YOUR TASK —
Count the lines below that contain "GetError". Answer with the number alone.

------

//! Why a call on checkpoints is refused.

ghost use Rattle.std.specs.Prelude.{◌≡◌};

use ept_base::{GetError, PutError};
use ept_ckpt::Letter;
use ept_point::Memory;
use ept_space::Key;
use std::alloc::AllocError;

/// Why a call on checkpoints is refused.
#[derive(Clone, Copy, Debug, PartialEq, Eq)]
pub enum SaveError {
    /// The store failed: its count of faults rose.
    StoreFault,
    /// The body of a letter that counts is missing, or is not that of a checkpoint. Or both letters count and have one
    /// generation, which is reported for letter b.
    BadCheckpoint { letter: Letter },
    /// The tile that the current checkpoint names for this key is missing, is no tile of the node, or has another number
    /// of points.
    TileDamaged { key: Key },
    /// Memory ran out.
    Memory,
}

impl From<GetError> for SaveError {
    ghost use Rattle.ept_save.specs.Errors.{of_get};

    ghost from_gives = { λ error e. e ≡ of_get error };

    fn from(error: GetError) -> SaveError {
        match error {
            GetError::Failed => SaveError::StoreFault,
            GetError::Memory => SaveError::Memory,
        }
    }
}

impl From<PutError> for SaveError {
    ghost use Rattle.ept_save.specs.Errors.{of_put};

    ghost from_gives = { λ error e. e ≡ of_put error };

    fn from(error: PutError) -> SaveError {
        match error {
            PutError::Failed => SaveError::StoreFault,
            PutError::Memory => SaveError::Memory,
        }
    }
}

impl From<AllocError> for SaveError {
    ghost use Rattle.ept_save.specs.declared.error.SaveError.TheVariants.{Memory};

    ghost from_gives = { λ _ e. e ≡ Memory };

    fn from(_error: AllocError) -> SaveError {
        SaveError::Memory
    }
}

impl From<Memory> for SaveError {
    ghost use Rattle.ept_save.specs.declared.error.SaveError.TheVariants.{Memory};

    ghost from_gives = { λ _ e. e ≡ Memory };

    fn from(_error: Memory) -> SaveError {
        SaveError::Memory
    }
}
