// The frame rules: what a symbol does to a line, before any judging.
ghost use Rattle.std.specs.Prelude.{◌≡◌};
ghost use Rattle.line.specs.Symbols.{symbol_of};
ghost use Rattle.line.specs.Rules.{frame_end, move};

use crate::Notice;

// What a wire byte is to a line.
#[derive(Clone, Copy)]
pub enum Symbol {
    Stx,
    Etx,
    Eot,
    Lf,
    Cr,
    Damaged,
    Text(u8),
}

// Where a line is: outside; in a frame, flawed or not; in a group of a frame, flawed or not, that is damaged or not and
// too long or not. The three flags are no struct of their own: with one a byte takes 8 to 10 % more instructions (tally).
#[derive(Clone, Copy)]
pub enum Phase {
    Outside,
    Frame(bool),
    Group(bool, bool, bool),
}

// What a symbol does: it moves the line and gives no answer; it opens an empty group in a frame, flawed or not; it moves
// the line and gives a notice; it adds a character to the group; it ends the group, which is then judged.
#[derive(Clone, Copy)]
pub enum Move {
    Quiet(Phase),
    Opens(bool),
    Says(Phase, Notice),
    Adds(bool, bool, bool, u8),
    Judges(bool, bool, bool),
}

#[tactic(auto, unfolding(crate::specs::Symbols::symbol_of, crate::specs::Symbols::sound_symbol, characters::specs::Answers::pick))]
pub(crate) fn symbol_of(byte: u8) -> Symbol
    ensures { result ≡ symbol_of byte }
{
    if !characters::sound(byte) {
        return Symbol::Damaged;
    }
    match characters::character(byte) {
        characters::STX => Symbol::Stx,
        characters::ETX => Symbol::Etx,
        characters::EOT => Symbol::Eot,
        characters::LF => Symbol::Lf,
        characters::CR => Symbol::Cr,
        code => Symbol::Text(code),
    }
}

pub(crate) fn moved(phase: Phase, symbol: Symbol) -> Move
    ensures { result ≡ move phase symbol }
{
    match phase {
        Phase::Outside => moved_outside(symbol),
        Phase::Frame(flaw) => moved_in_frame(flaw, symbol),
        Phase::Group(flaw, damaged, overlong) => moved_in_group(flaw, damaged, overlong, symbol),
    }
}

// Kept here and below with an arm for each symbol, where several give the same: each is a line of document 01, and stands so in
// specs/Rules.antt.
fn moved_outside(symbol: Symbol) -> Move
    ensures { result ≡ move Phase.Outside symbol }
{
    match symbol {
        Symbol::Stx => Move::Quiet(Phase::Frame(false)),
        Symbol::Etx => Move::Quiet(Phase::Outside),
        Symbol::Eot => Move::Quiet(Phase::Outside),
        Symbol::Lf => Move::Quiet(Phase::Outside),
        Symbol::Cr => Move::Quiet(Phase::Outside),
        Symbol::Damaged => Move::Quiet(Phase::Outside),
        Symbol::Text(_) => Move::Quiet(Phase::Outside),
    }
}

fn moved_in_frame(flaw: bool, symbol: Symbol) -> Move
    ensures { result ≡ move (Phase.Frame flaw) symbol }
{
    match symbol {
        Symbol::Stx => Move::Says(Phase::Frame(false), Notice::FrameRestarted), // whatever the flaw
        Symbol::Etx => Move::Says(Phase::Outside, frame_end(flaw)),
        Symbol::Eot => Move::Says(Phase::Outside, Notice::FrameInterrupted),
        Symbol::Lf => Move::Opens(flaw),
        Symbol::Cr => Move::Quiet(Phase::Frame(true)),
        Symbol::Damaged => Move::Quiet(Phase::Frame(true)),
        Symbol::Text(_) => Move::Quiet(Phase::Frame(true)),
    }
}

fn frame_end(flaw: bool) -> Notice
    ensures { result ≡ frame_end flaw }
{
    if flaw {
        return Notice::FrameFlawed;
    }
    Notice::FrameSound
}

fn moved_in_group(flaw: bool, damaged: bool, overlong: bool, symbol: Symbol) -> Move
    ensures { result ≡ move (Phase.Group flaw damaged overlong) symbol }
{
    match symbol {
        Symbol::Stx => Move::Says(Phase::Frame(false), Notice::FrameRestarted), // and the group is gone
        Symbol::Etx => Move::Says(Phase::Outside, Notice::FrameFlawed),
        Symbol::Eot => Move::Says(Phase::Outside, Notice::FrameInterrupted),
        Symbol::Lf => Move::Says(Phase::Group(true, false, false), Notice::GroupRestarted),
        Symbol::Cr => Move::Judges(flaw, damaged, overlong),
        Symbol::Damaged => Move::Quiet(Phase::Group(flaw, true, overlong)),
        Symbol::Text(code) => Move::Adds(flaw, damaged, overlong, code),
    }
}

------

SOLUTION FOR THIS TASK —
5